**MME Staff and Graduate Student Colloquium 2017**

Date: Friday 28 April 2017

Time: 4.30 pm – 8.30 pm

Venue: TR 201 (Math Edn) & TR 203 (Math)

Registration : Open

## Mathematics Abstracts of Presentations

*Henstock’s Stochastic Integral*

TOH Tin Lam

It has been shown over the past decades that Henstock’s approach has been able to give an equivalent definition of the Ito stochastic integral with respect to Brownian motion and even continuous semimartingales. This talk presents how Henstock’s approach could be used to give an alternative definition to the Stratonovich integral with respect to continuous semimartingales, and the possible ways to expand research in this direction.

*Open Set Lattice of the Minimal Prime Spectrum of a Multiplicative Lattice *

Nai Yuan Ting

The natural abstraction of the set of all ideals of a commutative ring is the multiplicative lattice. The main research task on abstract ideal theory, initiated by R.P. Dilworth and M. Ward, is to extend the results on ideals of commutative rings to multiplicative lattices.
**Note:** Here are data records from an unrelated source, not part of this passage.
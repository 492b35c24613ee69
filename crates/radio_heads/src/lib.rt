//! Heads of HTTP/1 requests and answers, read and written exactly.
//!
//! A head is a start line, header lines and an empty line (RFC 9112, section 2.1). Reading borrows
//! the bytes that have come and allocates nothing; a caller keeps those bytes and reads again when
//! more have come.
//!
//! - [`read_request`], [`read_response`]: the head that some bytes begin with, and its length.
//! - [`read_request_from`], [`read_response_from`]: the same, where it is known how many of the
//!   first bytes hold no end of a head.
//! - [`write_answer`]: the text of each answer that the server gives. Its headers have values from outside as
//!   [`FieldValue`]s, which hold no line end.
//! - [`write_web_answer`]: the text of each answer that the pages of web sites read.
//! - [`add_headers`]: the text of an answer with the headers that the settings add to it.
//!
//! Laws for callers, which run no code:
//!
//! - [`readings_agree`]: two readings of the same bytes are equal, or both are faults.
//! - [`settled`]: once a reading is not `More`, more bytes change nothing.
//! - [`fronts_are_unfinished`]: what gives `More` gave `More` before its last bytes came.
//! - [`heads_are_found`]: no head of the grammar is lost.
//! - [`answers_read_back`], [`web_answers_read_back`], [`additions_read_back`]: what is written is read back.
//! - [`unsaid_origins_change_nothing`]: answers for web sites are the others', where nothing is said of origins.
#![tactic(auto)]

mod additions;
mod answer;
mod field_value;
mod head;
mod headers;
mod laws;
mod outcome;
mod reading;
mod response;
mod search;
mod web_answer;
mod writing;

pub use additions::{Additions, add_headers};
pub use answer::{AboutHeaders, Answer, TextKind, Welcome};
pub use field_value::FieldValue;
pub use head::Head;
pub use headers::{DEFAULT_CONTENT_TYPE, MAX_HEADERS};
pub use laws::{
    additions_read_back, answers_read_back, fronts_are_unfinished, heads_are_found,
    heads_lie_within, readings_agree, settled, unsaid_origins_change_nothing,
    web_answers_read_back,
};
pub use outcome::{HeadFault, Progress};
pub use reading::{read_request, read_request_from, read_response, read_response_from};
pub use response::{ResponseHead, Version};
pub use search::MAX_HEAD;
pub use web_answer::{WebAnswer, write_web_answer};
pub use writing::write_answer;

/// No memory was left.
pub type OutOfMemory = std::alloc::AllocError;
We shall address the following problem: for a given multiplicative lattice $L$ and a subspace $S$ of the prime spectrum (all prime elements equipped with the hull-kernel topology) of $L$, can we find a subset of $L$ that is order isomorphic to the open set lattice of $S$? In this talk, we consider the case where $S$ is the set of all minimal prime elements of $L$. The main theorem is that for a reduced coherent multiplicative lattice L satisfying certain conditions, the open set lattice of the subspace of all minimal prime elements of $L$ is isomorphic to the lattice of all normal elements of $L$. The corresponding result for this theorem in the case of lattice of all ideals of a commutative ring with identity is also obtained.
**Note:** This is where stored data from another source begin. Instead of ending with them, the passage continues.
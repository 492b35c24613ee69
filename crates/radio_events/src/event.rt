//! What happens to the server.

use crate::{Boxed, CommandRequest};
use bytes::Bytes;
use radio_addr::Peer;
use radio_blocks::Block;
use radio_creds::Pair;
use radio_values::{Shown, Title};

/// What a client sends that wants to feed a mount.
pub struct SourceRequest {
    /// The number of the client.
    pub id: u64,
    /// The path that it names, which need not be the name of a mount.
    pub mount: Bytes,
    /// The user and the password that it sends, if it does.
    pub pair: Option<Pair>,
    /// What its head says of the stream.
    pub shown: Shown,
}

impl Drop for SourceRequest {
    fn drop(self) {
        let SourceRequest {
            id: _,
            mount,
            pair,
            shown,
        } = self;
        drop(mount);
        drop(pair);
        drop(shown);
    }
}

/// What a client sends that wants to hear a mount.
#[derive(Drop)]
pub struct ListenRequest {
    /// The number of the client.
    pub id: u64,
    /// The path that it names, which need not be the name of a mount.
    pub mount: Bytes,
    /// The user and the password that it sends, if it does.
    pub pair: Option<Pair>,
    /// Whether it wants metadata between the data (ICY convention, `Icy-MetaData`).
    pub wants_metadata: bool,
    /// What a page of the web site may say to this client.
    pub visit: PageVisit,
}

/// What a page of the web site says of the server to one client.
#[derive(Drop)]
pub struct PageVisit {
    /// The host by which the client calls the server (RFC 9110, section 7.2), if the page has full addresses; empty for
    /// other pages, and if the client names no host.
    pub host: Bytes,
    /// When the server started; `None` if the program does not say.
    pub server_start: Option<MomentText>,
}

/// A second of UTC, as `2026-11-25T08:43:49+0000` (ISO 8601, as Icecast writes moments).
pub type MomentText = [u8; 24];

/// What happens to the server.
#[derive(Drop)]
pub enum Event {
    /// A connection comes from this address.
    Arrive {
        peer: Peer,
    },
    /// A client wants to feed a mount.
    Source(Boxed<SourceRequest>),
    /// The source has delivered a block.
    Push {
        id: u64,
        block: Block,
    },
    /// The source's data have ended.
    SourceEnd {
        id: u64,
    },
    /// The source sets the title of what it plays from now on.
    Title {
        id: u64,
        text: Title,
    },
    /// A client wants to hear a mount.
    Listen(Boxed<ListenRequest>),
    /// The listener has room for so many bytes of data.
    Draw {
        id: u64,
        room: u32,
    },
    /// A client gives a command.
    Command(Boxed<CommandRequest>),
    /// The client's connection is closed.
    Leave {
        id: u64,
    },
    /// A relay's master has answered, and the relay wants to feed a mount.
    RelayUp {
        /// The name of the mount, which need not be one.
        mount: Bytes,
        /// What the head of the master's answer says of the stream.
        shown: Boxed<Shown>,
    },
    /// The relay's connection to its master is closed.
    RelayDown {
        id: u64,
    },
    /// It is this moment, in milliseconds; one that has passed does not count.
    Clock {
        ms: u64,
    },
}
*A Brief Survey of Zero-Divisor Graphs of Commutative Rings*

Teo Kok Ming

Let $R$ be a nonzero commutative ring with identity.
The {\it zero-divisor graph} $\Gamma(R)$ of $R$ is the (undirected) graph with vertices that are zero-divisors of $R$, and distinct vertices $r$ and $s$ are adjacent if and only if
$rs = 0$. We define a relation $\sim$ on $R$
by $r\sim s$ if and only if $ann_R(r) = ann_R(s)$.
Then $\sim$ is an equivalence relation on $R$.
The *compressed zero-divisor graph* $\Gamma_E(R)$
of $R$ is the (undirected) graph with vertices the equivalence classes induced by $\sim$ other than $[0]$ and $[1]$,
and distinct vertices $[r]$ and $[s]$ are adjacent if and only if $rs = 0$.

In this talk, we shall give a brief overview of some results on zero-divisor graphs and compressed zero-divisor graphs obtained by various people working in this area.

*Spanning Trees of Graphs*

Lim Xiao Kai

A tree is a connected graph with no cycles, while a spanning tree $T$ of a connected graph $G$ is a subgraph of $G$ such that $T$ is a tree that includes all vertices of $G$. We explore two ways to calculate the total number of spanning trees of any connected graph $G$, one via its Laplacian matrix $L$($G$), and another via the degrees of its vertices.

*On Congruences for Andrews' Singular Overpartitions*

Uha Isnaini

An overpartition of a positive integer $n$ is a non-increasing sequence of natural numbers whose sum is $n$ in which the first occurrence of a number may be overlined. Recently, Andrews introduced singular overpartitions which can be enumerated by $\overline{C}_{k,i}(n)$, the number of overpartitions of $n$ where only parts congruent to $\pm i \pmod{k}$ may be overlined, and no part is divisible by $k$. In this talk, we first give a brief introduction for integer partitions and overpartitions, and then proceed to present a brief survey on some results for singular overpartitions. Finally, we present our work on singular overpartitions.